┏━━
/// Frees slots.
fn free_all(slots: &mut [Slot])
    ensures { EachIndex slots.new (λ i. slot_at slots.new i ≡ free_slot) }
{
    for slot in slots.iter_mut() {
        *slot = Slot::free();
    }
}

impl<'m> SlotTable<'m> {
    /// Returns whether the table has a place for each slot, a bucket, and room for their links.
    fn has_room(&self) -> bool
        ensures { IsTrue result ↔ HasRoomForSlots self.now }
    {
        self.table.places as usize == self.slots.len()
            && has_room(&self.table)
            && (self.table.places as usize) < self.table.chains.next.len()
    }

    /// Frees all slots, whatever the memory contains. Returns false, and changes nothing, if the table doesn't have a place for
    /// each slot and a bucket, or no room for their links: of ages two more than slots, of chains one for each slot and each
    /// bucket, and of both at most 2^32.
    pub fn clear(&mut self) -> bool
        ensures room { IsTrue result ↔ HasRoomForSlots self.old }
        ensures cleared { result ≡ true → (seed : List ℕ) → HoldsPackets self.new seed (range_with_len 0 (length self.old.slots.now)) [] }
        ensures len { length self.new.slots.now ≡ length self.old.slots.now }
        ensures refused { result ≡ false → IsUnchanged self.old self.new }
    {
        if !self.has_room() {
            return false;
        }
        free_all(self.slots);
        self.table.clear();
        true
    }

    /// Returns the slot in the chain of a bucket that is that of the packet with this key in this context.
    #[inline(always)]
    fn find_own(&self, bucket: u32, context: u32, key: &FragmentKey) -> Option<u32>
        ensures first { (free used : List ℕ) (bucket_of : ℕ → ℕ) → IsTable self.now.table free used bucket_of
            → result ≡ find (λ p. has_key context key.now (slot_at self.now.slots.now p)) (in_bucket bucket_of bucket used) }
        ensures has { IfSome result (λ p. has_key context key.now (slot_at self.now.slots.now p) ≡ true) }
        ensures within { IfSome result (λ p. p < length self.now.slots.now) }
        ensures used { IfSome result (λ p. is_free (slot_at self.now.slots.now p) ≡ false) }
    {
        find_in(self.slots, self.table.chain(bucket), context, key)
    }

    /// Returns the place of a packet in the slot that has it, in this bucket. If its time is over, the packet begins anew there,
    /// and is the youngest one.
    #[inline(always)]
    fn place_own(&mut self, timeout: u64, place: u32, bucket: u32, time: u64) -> Option<Placement>
        requires within { place < length self.old.slots.now }
        requires used { is_free (slot_at self.old.slots.now place) ≡ false }
        ensures place { result ≡ own_in timeout self.old.slots.now time place }
        ensures index { IfSome result (λ p. p.index ≡ place) }
        ensures slots { self.new.slots.now ≡ self.old.slots.now }
        ensures table { (free used : List ℕ) (bucket_of : ℕ → ℕ) → IsTable self.old.table free used bucket_of → Contains used place
            → HasBucket self.old.table bucket → bucket_of place ≡ bucket
            → IsTable self.new.table free (used_after used result) (with_bucket bucket_of place bucket) }
        ensures none { result ≡ None → AreSame self.old.table self.new.table }
        ensures size { HaveSameSize self.old.table self.new.table }
    {
        let pending = self.slots[place as usize].pending()?;
        let found = own_place(timeout, place as usize, &pending, time);
        if !found.is_known {
            self.table.renew(place, bucket);
        }
        Some(found)
    }

    /// Returns the place of a new packet in this bucket: the first free slot or, only if there is none, the slot that has had its
    /// packet longest.
    fn place_anew(&mut self, timeout: u64, bucket: u32, time: u64) -> Option<Placement>
        requires { self.old.table.places ≡ length self.old.slots.now }
        ensures free { (p : ℕ) (free used : List ℕ) (bucket_of : ℕ → ℕ) → IsTable self.old.table (p ∷ free) used bucket_of
            → HasBucket self.old.table bucket → is_free (slot_at self.old.slots.now p) ≡ true
            → (result ≡ Some (new_place p time)) × IsTable self.new.table free (used ++ p ∷ []) (with_bucket bucket_of p bucket) }
        ensures oldest { (p : ℕ) (used : List ℕ) (bucket_of : ℕ → ℕ) → IsTable self.old.table [] (p ∷ used) bucket_of
            → HasBucket self.old.table bucket → is_free (slot_at self.old.slots.now p) ≡ false
            → (result ≡ displaced_in timeout self.old.slots.now time p)
            × IsTable self.new.table [] (used ++ p ∷ []) (with_bucket bucket_of p bucket) }
        ensures empty { (bucket_of : ℕ → ℕ) → IsTable self.old.table [] [] bucket_of → result ≡ None }
        ensures within { IfSome result (λ p. p.index < length self.old.slots.now) }
        ensures anew { IfSome result (λ p. p.is_known ≡ false) }
        ensures slots { self.new.slots.now ≡ self.old.slots.now }
        ensures none { result ≡ None → AreSame self.old.table self.new.table }
        ensures size { HaveSameSize self.old.table self.new.table }
    {
        let index = self.table.take(bucket)?.place as usize;
        Some(place_in(timeout, &self.slots[index], index, time))
    }

    /// Returns the place of a packet in this bucket.
    #[inline(always)]
    fn place_in_bucket(
        &mut self,
        timeout: u64,
        bucket: u32,
        context: u32,
        key: &FragmentKey,
        time: u64,
    ) -> Option<Placement>
        requires { self.old.table.places ≡ length self.old.slots.now }
        ensures place { (seed free used : List ℕ) → HoldsPackets self.old seed free used → HasBucket self.old.table bucket
            → bucket ≡ bucket_of_key seed (buckets_of self.old.table) context key.now
            → result ≡ place_of timeout self.old.slots.now free used context key.now time }
        ensures table { (seed free used : List ℕ) → HoldsPackets self.old seed free used → HasBucket self.old.table bucket
            → bucket ≡ bucket_of_key seed (buckets_of self.old.table) context key.now
            → IfSome result (λ p. IsTable self.new.table (free_after free result) (used_after used result)
            (with_bucket (bucket_in seed (buckets_of self.old.table) self.old.slots.now) p.index bucket)) }
        ensures known { IfSome result (λ p. p.is_known ≡ true → has_key context key.now (slot_at self.old.slots.now p.index) ≡ true) }
        ensures within { IfSome result (λ p. p.index < length self.old.slots.now) }
        ensures slots { self.new.slots.now ≡ self.old.slots.now }
        ensures none { result ≡ None → AreSame self.old.table self.new.table }
        ensures size { HaveSameSize self.old.table self.new.table }
    {
        match self.find_own(bucket, context, key) {
            Some(place) => self.place_own(timeout, place, bucket, time),
            None => self.place_anew(timeout, bucket, time),
        }
    }

    /// Returns the slot of the packet with this key in this context, to which a fragment arrived at this time, in nanoseconds
    /// since any moment. Makes it the packet's, if it wasn't. Returns `None` if there are no slots.
    ///
    /// A context is a number of the caller's for where fragments arrive, such as an interface and a VLAN: fragments of two
    /// contexts are of two packets.
    ///
    /// A packet that isn't whole at the timeout after its first fragment is given up when the next one arrives, and the
    /// fragment begins a new one in its slot. Otherwise a packet that has no slot gets a free one. Only if all slots are in use,
    /// the packet that has been in its slot longest is given up.
    ///
    /// A packet whose first fragment arrived in the future, as times aren't always in order, is as old as that time is far
    /// away.
    pub fn place(
        &mut self,
        settings: &Settings,
        context: u32,
        key: FragmentKey,
        time: u64,
    ) -> Option<Placement>
        ensures placed { IsPlaced self.old settings.now context key time result }
        ensures slots { self.new.slots.now ≡ slots_after self.old.slots.now context key result }
        ensures packets { (free used : List ℕ) → HoldsPackets self.old settings.now.seed free used
            → HoldsPackets self.new settings.now.seed (free_after free result) (used_after used result) }
        ensures none { result ≡ None → AreSame self.old.table self.new.table }
    {
        self.place_by(settings, context, &key, time)
    }

    /// Returns the slot of the packet with this key, as `place` does. A key that isn't moved is compared 16 bytes at a time.
    #[inline(always)]
    pub(crate) fn place_by(
        &mut self,
        settings: &Settings,
        context: u32,
        key: &FragmentKey,
        time: u64,
    ) -> Option<Placement>
        ensures placed { IsPlaced self.old settings.now context key.now time result }
        ensures slots { self.new.slots.now ≡ slots_after self.old.slots.now context key.now result }
        ensures packets { (free used : List ℕ) → HoldsPackets self.old settings.now.seed free used
            → HoldsPackets self.new settings.now.seed (free_after free result) (used_after used result) }
        ensures none { result ≡ None → AreSame self.old.table self.new.table }
        ensures within { IfSome result (λ p. (p.index < length self.new.slots.now) × (p.index < 4294967296)) }
    {
        if self.table.places as usize != self.slots.len() {
            return None;
        }
        let bucket = bucket_of(&self.table, &settings.seed, context, key)?;
        let found = self.place_in_bucket(settings.timeout, bucket, context, key, time)?;
        self.slots[found.index].hold(context, key, found.since);
        Some(found)
    }

    /// Frees the slot of a packet.
    #[inline(always)]
    pub(crate) fn release(&mut self, index: usize)
        requires within { index < length self.old.slots.now }
        requires small { index < 4294967296 }
        ensures slots { self.new.slots.now ≡ slice_set self.old.slots.now index free_slot }
        ensures packets { (seed free used : List ℕ) → HoldsPackets self.old seed free used → Contains used index
            → HoldsPackets self.new seed (free ++ index ∷ []) (without index used) }
    {
        self.slots[index] = Slot::free();
        self.table.release(index as u32);
    }

    /// Returns the loss of the packet of the slot with this index, if it isn't whole after the timeout.
    #[inline(always)]
    fn loss_at(&self, index: usize, timeout: u64, time: u64) -> Option<Loss>
        ensures lost { index < self.now.table.places → result ≡ loss_of timeout (slot_at self.now.slots.now index) time }
        ensures beyond { self.now.table.places ≤ index → result ≡ None }
        ensures within { IfSome result (λ l. (index < length self.now.slots.now) × (index < self.now.table.places) × (index < 4294967296)) }
    {
        if index >= self.table.places as usize {
            return None;
        }
        let pending = self.slots.get(index)?.pending()?;
        if is_expired(timeout, pending.since, time) {
            Some(lost_by(LossReason::TimedOut, &pending))
        } else {
            None
        }
    }

    /// Gives up the packet of the slot with this index if it isn't whole more than `timeout` nanoseconds after its first
    /// fragment, and frees the slot.
    pub fn give_up(&mut self, index: usize, timeout: u64, time: u64) -> Option<Loss>
        ensures lost { index < self.old.table.places → result ≡ loss_of timeout (slot_at self.old.slots.now index) time }
        ensures beyond { self.old.table.places ≤ index → result ≡ None }
        ensures slots { self.new.slots.now ≡ (if is_some result then slice_set self.old.slots.now index free_slot else self.old.slots.now) }
        ensures packets { (seed free used : List ℕ) → HoldsPackets self.old seed free used
            → HoldsPackets self.new seed (if is_some result then free ++ index ∷ [] else free) (if is_some result then without index used else used) }
        ensures kept { result ≡ None → AreSame self.old.table self.new.table }
    {
        match self.loss_at(index, timeout, time) {
            Some(loss) => {
                self.release(index);
                Some(loss)
            }
            None => None,
        }
    }
}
┗━━
#### Exercise
Write out exactly the lines above from the line with "nanoseconds after its first" through the line with "self.release(index);", both of them included, and leave out all other lines.

#### Task solution
    /// Gives up the packet of the slot with this index if it isn't whole more than `timeout` nanoseconds after its first
    /// fragment, and frees the slot.
    pub fn give_up(&mut self, index: usize, timeout: u64, time: u64) -> Option<Loss>
        ensures lost { index < self.old.table.places → result ≡ loss_of timeout (slot_at self.old.slots.now index) time }
        ensures beyond { self.old.table.places ≤ index → result ≡ None }
        ensures slots { self.new.slots.now ≡ (if is_some result then slice_set self.old.slots.now index free_slot else self.old.slots.now) }
        ensures packets { (seed free used : List ℕ) → HoldsPackets self.old seed free used
            → HoldsPackets self.new seed (if is_some result then free ++ index ∷ [] else free) (if is_some result then without index used else used) }
        ensures kept { result ≡ None → AreSame self.old.table self.new.table }
    {
        match self.loss_at(index, timeout, time) {
            Some(loss) => {
                self.release(index);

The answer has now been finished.